Take the data below and copy exactly the lines starting at the one with "result (λ plan." and finishing at the one with "let copy = statement.copy()?;", both included.

**Data for the task**
★ ★ ★ ★ ★
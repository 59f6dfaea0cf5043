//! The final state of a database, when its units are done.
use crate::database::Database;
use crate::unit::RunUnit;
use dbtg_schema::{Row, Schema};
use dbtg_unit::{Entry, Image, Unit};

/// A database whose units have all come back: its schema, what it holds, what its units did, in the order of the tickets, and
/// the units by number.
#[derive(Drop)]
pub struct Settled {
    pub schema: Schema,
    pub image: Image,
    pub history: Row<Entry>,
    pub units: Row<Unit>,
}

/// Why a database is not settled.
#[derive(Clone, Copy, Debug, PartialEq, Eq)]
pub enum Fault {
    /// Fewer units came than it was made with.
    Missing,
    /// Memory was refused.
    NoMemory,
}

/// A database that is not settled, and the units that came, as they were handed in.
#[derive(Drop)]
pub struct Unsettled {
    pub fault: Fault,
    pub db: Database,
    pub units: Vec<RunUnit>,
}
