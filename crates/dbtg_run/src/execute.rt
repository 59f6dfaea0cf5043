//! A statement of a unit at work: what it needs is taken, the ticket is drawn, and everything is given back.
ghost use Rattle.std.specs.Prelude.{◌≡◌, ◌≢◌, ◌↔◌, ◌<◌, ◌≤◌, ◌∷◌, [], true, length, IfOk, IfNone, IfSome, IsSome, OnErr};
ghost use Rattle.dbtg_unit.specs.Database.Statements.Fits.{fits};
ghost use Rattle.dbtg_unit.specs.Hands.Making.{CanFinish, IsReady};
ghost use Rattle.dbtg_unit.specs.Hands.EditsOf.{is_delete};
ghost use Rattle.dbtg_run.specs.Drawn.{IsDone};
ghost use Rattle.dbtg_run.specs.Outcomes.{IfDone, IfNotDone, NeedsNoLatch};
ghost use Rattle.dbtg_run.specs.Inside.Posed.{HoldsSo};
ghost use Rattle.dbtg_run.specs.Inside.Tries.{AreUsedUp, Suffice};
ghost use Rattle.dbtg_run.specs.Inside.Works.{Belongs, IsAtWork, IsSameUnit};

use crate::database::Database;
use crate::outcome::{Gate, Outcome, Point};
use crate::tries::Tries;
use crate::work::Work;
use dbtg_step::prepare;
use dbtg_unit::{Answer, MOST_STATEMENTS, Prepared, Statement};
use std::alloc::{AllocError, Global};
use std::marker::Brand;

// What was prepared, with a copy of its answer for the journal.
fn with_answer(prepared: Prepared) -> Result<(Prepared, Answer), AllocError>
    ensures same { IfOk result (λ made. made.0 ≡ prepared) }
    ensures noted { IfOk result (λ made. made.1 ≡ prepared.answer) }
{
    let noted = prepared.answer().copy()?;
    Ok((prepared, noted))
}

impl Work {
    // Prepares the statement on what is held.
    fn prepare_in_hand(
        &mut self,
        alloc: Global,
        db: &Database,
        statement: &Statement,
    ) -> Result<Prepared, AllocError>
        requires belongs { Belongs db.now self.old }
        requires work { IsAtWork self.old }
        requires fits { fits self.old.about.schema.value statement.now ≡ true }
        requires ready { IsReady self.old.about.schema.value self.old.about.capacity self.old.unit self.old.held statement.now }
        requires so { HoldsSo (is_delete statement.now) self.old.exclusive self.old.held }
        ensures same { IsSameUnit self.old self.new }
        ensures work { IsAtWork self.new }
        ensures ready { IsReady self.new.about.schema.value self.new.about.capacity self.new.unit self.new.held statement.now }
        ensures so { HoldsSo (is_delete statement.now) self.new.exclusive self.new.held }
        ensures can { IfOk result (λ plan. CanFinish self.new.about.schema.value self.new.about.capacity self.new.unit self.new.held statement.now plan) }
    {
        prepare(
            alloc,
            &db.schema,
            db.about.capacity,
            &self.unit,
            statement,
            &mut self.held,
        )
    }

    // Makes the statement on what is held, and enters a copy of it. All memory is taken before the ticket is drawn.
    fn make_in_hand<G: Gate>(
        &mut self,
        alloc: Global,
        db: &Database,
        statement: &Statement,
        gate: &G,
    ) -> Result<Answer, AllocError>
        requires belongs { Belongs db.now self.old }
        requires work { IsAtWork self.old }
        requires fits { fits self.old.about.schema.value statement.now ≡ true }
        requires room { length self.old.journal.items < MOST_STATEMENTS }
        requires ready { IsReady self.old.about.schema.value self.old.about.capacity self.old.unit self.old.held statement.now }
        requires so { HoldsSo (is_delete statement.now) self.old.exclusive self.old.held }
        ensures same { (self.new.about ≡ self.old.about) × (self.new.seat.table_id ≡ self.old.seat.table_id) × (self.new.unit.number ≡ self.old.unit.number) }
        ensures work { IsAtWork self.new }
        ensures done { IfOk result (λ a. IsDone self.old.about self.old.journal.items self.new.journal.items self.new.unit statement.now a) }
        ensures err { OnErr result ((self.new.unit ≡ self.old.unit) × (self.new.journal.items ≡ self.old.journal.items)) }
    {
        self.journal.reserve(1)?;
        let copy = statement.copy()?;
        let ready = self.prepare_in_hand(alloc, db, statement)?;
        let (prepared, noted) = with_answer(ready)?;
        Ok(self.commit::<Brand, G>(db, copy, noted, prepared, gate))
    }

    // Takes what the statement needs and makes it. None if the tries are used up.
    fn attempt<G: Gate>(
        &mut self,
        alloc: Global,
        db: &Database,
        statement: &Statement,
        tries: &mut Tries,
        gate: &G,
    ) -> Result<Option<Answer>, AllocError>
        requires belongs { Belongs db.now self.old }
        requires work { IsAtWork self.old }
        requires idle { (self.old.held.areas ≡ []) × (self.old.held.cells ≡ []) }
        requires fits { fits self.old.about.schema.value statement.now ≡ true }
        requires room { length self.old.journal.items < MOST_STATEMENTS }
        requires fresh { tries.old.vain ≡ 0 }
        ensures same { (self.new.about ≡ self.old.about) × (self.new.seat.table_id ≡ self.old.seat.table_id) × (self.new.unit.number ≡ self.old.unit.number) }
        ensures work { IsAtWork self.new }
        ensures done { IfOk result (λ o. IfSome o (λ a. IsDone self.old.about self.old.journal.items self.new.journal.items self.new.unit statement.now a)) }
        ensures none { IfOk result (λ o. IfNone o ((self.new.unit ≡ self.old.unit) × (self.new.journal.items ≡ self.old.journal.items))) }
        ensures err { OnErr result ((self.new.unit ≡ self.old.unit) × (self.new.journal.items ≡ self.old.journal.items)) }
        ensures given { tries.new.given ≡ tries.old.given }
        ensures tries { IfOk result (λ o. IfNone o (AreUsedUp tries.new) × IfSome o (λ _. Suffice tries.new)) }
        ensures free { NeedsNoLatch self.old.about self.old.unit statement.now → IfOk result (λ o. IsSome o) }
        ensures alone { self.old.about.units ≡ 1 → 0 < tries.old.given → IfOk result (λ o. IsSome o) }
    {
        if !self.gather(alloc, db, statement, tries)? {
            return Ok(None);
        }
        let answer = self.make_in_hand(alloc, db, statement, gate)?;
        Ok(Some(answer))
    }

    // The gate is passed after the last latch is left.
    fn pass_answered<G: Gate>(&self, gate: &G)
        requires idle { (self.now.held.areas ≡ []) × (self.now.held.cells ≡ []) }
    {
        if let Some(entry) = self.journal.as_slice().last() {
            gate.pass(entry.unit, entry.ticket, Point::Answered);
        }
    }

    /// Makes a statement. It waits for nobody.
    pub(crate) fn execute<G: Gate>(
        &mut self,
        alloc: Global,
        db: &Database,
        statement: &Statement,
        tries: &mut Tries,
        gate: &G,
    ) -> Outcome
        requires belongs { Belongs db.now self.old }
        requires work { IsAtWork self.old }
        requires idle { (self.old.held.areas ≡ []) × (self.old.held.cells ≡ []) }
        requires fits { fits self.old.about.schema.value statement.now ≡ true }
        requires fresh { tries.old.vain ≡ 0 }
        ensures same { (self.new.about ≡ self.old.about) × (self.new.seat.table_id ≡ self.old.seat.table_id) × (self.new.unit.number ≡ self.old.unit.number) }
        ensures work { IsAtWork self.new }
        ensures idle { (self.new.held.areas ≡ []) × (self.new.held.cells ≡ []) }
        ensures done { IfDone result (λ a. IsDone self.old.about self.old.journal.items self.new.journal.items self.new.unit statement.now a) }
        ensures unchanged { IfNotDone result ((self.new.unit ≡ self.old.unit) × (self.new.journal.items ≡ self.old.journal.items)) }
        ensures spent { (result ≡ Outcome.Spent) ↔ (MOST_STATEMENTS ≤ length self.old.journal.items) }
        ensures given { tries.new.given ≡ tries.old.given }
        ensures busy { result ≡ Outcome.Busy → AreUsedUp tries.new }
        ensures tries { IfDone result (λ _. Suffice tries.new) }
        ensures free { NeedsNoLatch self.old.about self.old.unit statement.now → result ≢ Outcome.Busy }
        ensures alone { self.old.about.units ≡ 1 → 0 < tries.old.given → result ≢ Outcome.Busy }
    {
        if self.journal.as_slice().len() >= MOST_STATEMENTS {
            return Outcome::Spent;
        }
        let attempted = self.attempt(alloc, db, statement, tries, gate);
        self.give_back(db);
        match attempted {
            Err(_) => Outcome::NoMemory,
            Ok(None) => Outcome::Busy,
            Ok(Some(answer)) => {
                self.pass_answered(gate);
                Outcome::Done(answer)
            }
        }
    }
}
★ ★ ★ ★ ★
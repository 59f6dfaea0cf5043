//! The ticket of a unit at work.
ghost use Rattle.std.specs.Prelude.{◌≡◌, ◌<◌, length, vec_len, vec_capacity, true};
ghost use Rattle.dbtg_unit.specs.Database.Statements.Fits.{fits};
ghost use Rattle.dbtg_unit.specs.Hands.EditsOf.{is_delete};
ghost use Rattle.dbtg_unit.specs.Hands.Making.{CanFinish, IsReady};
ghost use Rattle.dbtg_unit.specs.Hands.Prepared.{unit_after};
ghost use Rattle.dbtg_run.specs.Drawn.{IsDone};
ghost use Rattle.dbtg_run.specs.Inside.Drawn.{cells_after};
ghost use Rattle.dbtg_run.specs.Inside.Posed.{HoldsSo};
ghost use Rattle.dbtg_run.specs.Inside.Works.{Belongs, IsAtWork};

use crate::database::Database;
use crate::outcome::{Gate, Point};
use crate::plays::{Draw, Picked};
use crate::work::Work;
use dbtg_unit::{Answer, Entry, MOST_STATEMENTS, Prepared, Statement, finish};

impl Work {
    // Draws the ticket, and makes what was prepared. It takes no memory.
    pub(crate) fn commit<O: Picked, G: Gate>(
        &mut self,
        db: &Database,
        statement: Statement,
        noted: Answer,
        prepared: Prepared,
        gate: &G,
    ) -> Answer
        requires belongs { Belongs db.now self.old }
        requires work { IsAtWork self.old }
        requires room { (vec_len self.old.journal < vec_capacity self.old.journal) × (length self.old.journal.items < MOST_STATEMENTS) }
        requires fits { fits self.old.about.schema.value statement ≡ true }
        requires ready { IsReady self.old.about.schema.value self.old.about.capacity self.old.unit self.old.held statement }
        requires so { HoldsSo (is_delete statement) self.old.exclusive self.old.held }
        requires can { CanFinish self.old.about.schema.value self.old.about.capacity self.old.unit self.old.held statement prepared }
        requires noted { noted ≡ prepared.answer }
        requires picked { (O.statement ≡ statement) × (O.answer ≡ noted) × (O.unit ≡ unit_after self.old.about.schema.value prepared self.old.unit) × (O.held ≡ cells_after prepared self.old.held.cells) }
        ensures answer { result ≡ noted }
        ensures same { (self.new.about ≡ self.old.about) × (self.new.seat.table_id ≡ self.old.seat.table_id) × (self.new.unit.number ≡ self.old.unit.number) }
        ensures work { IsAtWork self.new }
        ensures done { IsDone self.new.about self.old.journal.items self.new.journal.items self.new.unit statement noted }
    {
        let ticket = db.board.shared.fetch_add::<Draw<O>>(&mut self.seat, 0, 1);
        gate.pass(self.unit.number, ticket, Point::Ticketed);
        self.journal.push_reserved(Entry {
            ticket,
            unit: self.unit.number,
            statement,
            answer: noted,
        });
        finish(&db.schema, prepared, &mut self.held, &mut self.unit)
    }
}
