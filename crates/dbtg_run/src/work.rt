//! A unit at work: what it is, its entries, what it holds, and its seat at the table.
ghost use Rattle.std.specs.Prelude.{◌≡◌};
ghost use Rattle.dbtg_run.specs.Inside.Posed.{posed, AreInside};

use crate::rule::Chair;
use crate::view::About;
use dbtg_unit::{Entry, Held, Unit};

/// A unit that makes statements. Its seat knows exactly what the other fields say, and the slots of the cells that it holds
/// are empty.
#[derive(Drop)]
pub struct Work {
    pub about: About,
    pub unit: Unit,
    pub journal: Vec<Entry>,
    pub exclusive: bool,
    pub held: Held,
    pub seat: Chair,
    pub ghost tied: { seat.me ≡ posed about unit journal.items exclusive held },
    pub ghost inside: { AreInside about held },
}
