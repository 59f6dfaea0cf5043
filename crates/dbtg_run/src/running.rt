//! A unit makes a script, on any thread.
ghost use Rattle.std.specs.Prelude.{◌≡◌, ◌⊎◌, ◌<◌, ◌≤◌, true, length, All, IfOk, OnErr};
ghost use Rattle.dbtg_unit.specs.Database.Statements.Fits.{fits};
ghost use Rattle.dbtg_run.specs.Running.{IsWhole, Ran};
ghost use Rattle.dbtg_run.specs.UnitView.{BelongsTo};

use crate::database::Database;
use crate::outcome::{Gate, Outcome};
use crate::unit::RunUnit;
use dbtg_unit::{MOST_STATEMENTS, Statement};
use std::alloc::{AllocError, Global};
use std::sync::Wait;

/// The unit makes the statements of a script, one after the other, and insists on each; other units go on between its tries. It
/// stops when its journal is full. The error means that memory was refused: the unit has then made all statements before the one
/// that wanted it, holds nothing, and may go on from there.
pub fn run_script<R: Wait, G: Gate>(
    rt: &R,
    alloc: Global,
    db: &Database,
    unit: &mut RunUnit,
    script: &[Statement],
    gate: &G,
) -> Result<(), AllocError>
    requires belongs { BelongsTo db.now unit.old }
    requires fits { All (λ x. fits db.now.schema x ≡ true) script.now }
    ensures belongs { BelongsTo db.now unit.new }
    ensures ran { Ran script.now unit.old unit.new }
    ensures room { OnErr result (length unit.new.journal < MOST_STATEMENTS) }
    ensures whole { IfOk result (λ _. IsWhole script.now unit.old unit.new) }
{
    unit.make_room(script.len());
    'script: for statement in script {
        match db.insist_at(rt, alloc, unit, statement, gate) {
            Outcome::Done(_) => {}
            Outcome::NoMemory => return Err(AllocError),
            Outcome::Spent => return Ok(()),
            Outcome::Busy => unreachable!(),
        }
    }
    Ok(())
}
★ ★ ★ ★ ★
**Solution for this problem**
        ensures can { IfOk result (λ plan. CanFinish self.new.about.schema.value self.new.about.capacity self.new.unit self.new.held statement.now plan) }
    {
        prepare(
            alloc,
            &db.schema,
            db.about.capacity,
            &self.unit,
            statement,
            &mut self.held,
        )
    }

    // Makes the statement on what is held, and enters a copy of it. All memory is taken before the ticket is drawn.
    fn make_in_hand<G: Gate>(
        &mut self,
        alloc: Global,
        db: &Database,
        statement: &Statement,
        gate: &G,
    ) -> Result<Answer, AllocError>
        requires belongs { Belongs db.now self.old }
        requires work { IsAtWork self.old }
        requires fits { fits self.old.about.schema.value statement.now ≡ true }
        requires room { length self.old.journal.items < MOST_STATEMENTS }
        requires ready { IsReady self.old.about.schema.value self.old.about.capacity self.old.unit self.old.held statement.now }
        requires so { HoldsSo (is_delete statement.now) self.old.exclusive self.old.held }
        ensures same { (self.new.about ≡ self.old.about) × (self.new.seat.table_id ≡ self.old.seat.table_id) × (self.new.unit.number ≡ self.old.unit.number) }
        ensures work { IsAtWork self.new }
        ensures done { IfOk result (λ a. IsDone self.old.about self.old.journal.items self.new.journal.items self.new.unit statement.now a) }
        ensures err { OnErr result ((self.new.unit ≡ self.old.unit) × (self.new.journal.items ≡ self.old.journal.items)) }
    {
        self.journal.reserve(1)?;
        let copy = statement.copy()?;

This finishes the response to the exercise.